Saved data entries
········
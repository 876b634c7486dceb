//! The lines of held inputs.
ghost use Rattle.std.specs.Prelude.{◌≡◌, ◌<◌, ◌++◌, ◌∷◌, [], length, IfOk, slice_get, Some};

use netlist::NameTable;
use std::alloc::{AllocError, Global};
use std::marker::Model;

/// The inputs that are held, each with its bit.
#[derive(Drop)]
pub struct HoldLines {
    names: NameTable,
    bits: Vec<bool>,
}

impl Model for HoldLines {
    ghost use Rattle.std.specs.Prelude.{◌≡◌, List, length};
    ghost use Rattle.report.specs.Reports.{Hold};
    ghost use Rattle.report.specs.inner.Tables.{holds_of};

    ghost Value = { List Hold };

    ghost view = { λ h. holds_of h.names h.bits.items };

    ghost invariant = { λ h. length h.names ≡ length h.bits.items };
}

/// A held input, by reference.
#[derive(Clone, Copy)]
pub struct HoldLine<'a> {
    pub name: &'a [u8],
    pub bit: bool,
}

impl HoldLines {
    /// No lines, and no memory yet.
    pub fn new(alloc: Global) -> HoldLines
        ensures { result ≡ [] }
    {
        HoldLines {
            names: NameTable::new(alloc),
            bits: Vec::new(alloc),
        }
    }

    /// How many lines there are.
    pub fn len(&self) -> usize
        ensures { result ≡ length self.now }
    {
        self.bits.len()
    }

    /// The line at a place.
    pub fn get(&self, place: usize) -> HoldLine<'_>
        requires { place < length self.now }
        ensures { slice_get self.now place ≡ Some (record { name = result.name.now; bit = result.bit }) }
    {
        HoldLine {
            name: self.names.get(place),
            bit: self.bits[place],
        }
    }

    /// Adds a line behind the others.
    pub fn push(mut self, name: &[u8], bit: bool) -> Result<HoldLines, AllocError>
        ensures { IfOk result (λ lines. lines ≡ self ++ (record { name = name.now; bit = bit }) ∷ []) }
    {
        self.names.push(name)?;
        self.bits.push(bit)?;
        Ok(self)
    }
}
········
*What you should do:* For every line above that includes the word "specs", return the line.

*Written solution:*
ghost use Rattle.std.specs.Prelude.{◌≡◌, ◌<◌, ◌++◌, ◌∷◌, [], length, IfOk, slice_get, Some};
    ghost use Rattle.std.specs.Prelude.{◌≡◌, List, length};
    ghost use Rattle.report.specs.Reports.{Hold};
    ghost use Rattle.report.specs.inner.Tables.{holds_of};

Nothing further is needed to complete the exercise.